Wednesday, May 18, 2016

Review: Miss Julie (August Strindberg), MTC production 2016

Today we went to see the second of our seven-play season subscription plays for the MTC's 2016 program - August Strindberg's 1888 naturalistic masterpiece, Miss Julie.

Seven-play seasons was a thing we used to do for the four or five years before the birth of our first daughter in 2003. Indeed, we saw the final such play, a production of Ovid's Metamorphoses from memory, when I was massively pregnant with her (there was some concern over whether a middle-of-aisle seat would hold my wide-berthed self, as I recollect).

Since the coming of the young 'uns, though, regular theatre-going has been both financially and logistically impractical, and although we have seen a couple of movies each year at the cinema, a few music concerts (Dead Can Dance, Fleet Foxes, Neil & Tim Finn, Mumford & Sons, kd lang) and I have been to a few writers' talks, over the past 13 years, we have not actually been to the theatre to see a play.

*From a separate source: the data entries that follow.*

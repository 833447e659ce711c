//! One word of flags and links for each access of a task to a cell, the messages that set the flags, and the
//! rule that holds between any two steps of many threads.
#![tactic(auto)]

mod entry;
pub mod laws;
mod message;
mod sending;
pub mod word_laws;
mod words;

pub use entry::{After, EntryInfo, EntryState};
pub use message::Message;
pub use sending::{Messages, send, sent_is_posted};
pub use words::{
    flags_are_bits, info_of, info_words_are_read, infos_are_read, state_of, state_words_are_read,
    states_are_read, word_of_info, word_of_state,
};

This year, we decided to break the drought by giving each other MTC season passes for Christmas. I won't lie, it's not cheap, although we did save some money by opting for Wednesday matinee performances (which suit us better anyway, as we don't need to organise babysitting). But, so far, it's been a great decision.

The first play we saw was Duncan Macmillan's Lungs, which we enjoyed, but I felt the ending was weak and the content didn't stay with me to any great extent. Today, however, we saw Strindberg's Miss Julie, and we were both blown away by it.

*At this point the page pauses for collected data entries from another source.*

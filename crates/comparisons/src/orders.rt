ghost use Rattle.std.specs.Prelude.{◌≡◌, ℕ, ◌*◌, length};
ghost use Rattle.std.specs.Bool.{beq};
ghost use Rattle.word_bits.specs.Counts.{all};
ghost use Rattle.sets.specs.CheckedSets.{members};
ghost use Rattle.sets.specs.Members.{bit_of};
ghost use Rattle.sets.specs.Refusals.{told_of};
ghost use Rattle.comparisons.specs.Orders.{order, words_order};
ghost use Rattle.comparisons.specs.Compares.{order_number, compared_of};
ghost use Rattle.comparisons.specs.Rules.{eq_rule, cmp_rule};

use sets::{Checked, FixedBitSet, Refusal};
use std::cmp::Ordering;

// An order as C takes it, with its number: it is 0 for equal, 1 for below, 2 for above, and 0 where refused.
#[repr(C)]
#[derive(Clone, Copy)]
pub struct Compared {
    pub number: u64,
    pub order: u64,
}

// Whether no word differs, of as many words. Slices: that a word fits in 64 bits is not known of a slice that is a field.
fn same(words: &[u64], other: &[u64]) -> bool
    ensures { length words.now ≡ length other.now
        → result ≡ all (length words.now * 64) (λ (p : ℕ). beq (bit_of words.now p) (bit_of other.now p)) }
{
    words == other
}

// The order of as many words as unsigned numbers: the first that differ decide. Slices, as in the one above.
fn words_order(words: &[u64], other: &[u64]) -> Ordering
    ensures { length words.now ≡ length other.now
        → order_number result ≡ words_order 0 (length words.now) (bit_of words.now) (bit_of other.now) }
{
    words.cmp(other)
}

// The lengths decide, then the words.
fn order_of(a: Checked, b: Checked) -> Ordering
    ensures { order_number result ≡ order (members a.entry) (members b.entry) }
{
    a.length
        .cmp(&b.length)
        .then_with(|| words_order(a.words, b.words))
}

// Whether the two sets have the same length and the same members. Asks 1 to 3 of both sets.
pub fn eq(a: FixedBitSet, words: &[u64], b: FixedBitSet, other: &[u64]) -> Result<bool, Refusal>
    ensures { told_of result ≡ eq_rule a words.now b other.now }
{
    let (a, b) = Checked::both(a, words, b, other)?;
    Ok(a.length == b.length && same(a.words, b.words))
}

// The order of the two sets: length first, then words from word 0 upwards. Asks 1 to 3 of both sets.
pub fn cmp(
    a: FixedBitSet,
    words: &[u64],
    b: FixedBitSet,
    other: &[u64],
) -> Result<Ordering, Refusal>
    ensures { compared_of result ≡ cmp_rule a words.now b other.now }
{
    let (a, b) = Checked::both(a, words, b, other)?;
    Ok(order_of(a, b))
}

// The answer of `cmp` as a record, with its number.
impl From<Result<Ordering, Refusal>> for Compared {
    ghost from_gives = { λ a r. r ≡ compared_of a };

    fn from(answer: Result<Ordering, Refusal>) -> Compared {
        match answer {
            Ok(order) => Compared {
                number: 0,
                order: match order {
                    Ordering::Less => 1,
                    Ordering::Equal => 0,
                    Ordering::Greater => 2,
                },
            },
            Err(refusal) => Compared {
                number: refusal.into(),
                order: 0,
            },
        }
    }
}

Strindberg's play picks up his own ideas of naturalism in a compelling, disturbing plot built around a somewhat inchoate meta-theme of social Darwinism. It revolves around only three characters: the unstable, high-handed, tragic and reckless daughter of a Count, Miss Julie; the thrusting, resentful, intelligent and often brutal valet, Jean; and the character who represents virtue, balance and ethical action, the much-put-upon kitchen servant, Kristine.

In keeping with the principles of naturalism, the plot deals with real, complicated human issues, in a simple setting (the action never really leaves the kitchen), and contains virtually no subplots or distractions - the play focuses with whip-crack sharpness on the developing relationship and dialogue between Miss Julie and Jean, and the underlying debate about class, gender and the future than drives it.

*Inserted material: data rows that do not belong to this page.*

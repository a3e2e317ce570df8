// Entry points of the walks: steps, and many positions in one call, for C (bindings/c/fbs.h): each is a call of the library with that call's contract.
#![tactic(auto)]

mod next_many_calls;
mod pair_walk_calls;
mod walk_calls;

The MTC production sticks admirably to this simplicity, choosing a clean-lined set and minimal costume changes, and adhering to turn of the century aesthetics - a wise choice for this play, I feel, as playing around with visual modernisation would have been a distraction from the appreciation of the powerful contemporary resonances of Strindberg's ideas and dialogue. The film device, whereby the actors were screened live on a large overhead screen at the same time as they were performing the action in various stages, worked well, adding a touch of disorientation and hyperactivity to the mood of certain key scenes. (I did find that, for me, I had to focus on either the screen or the actors to avoid vertigo, but as I have wonky vision, I think this is unlikely to affect others the same way).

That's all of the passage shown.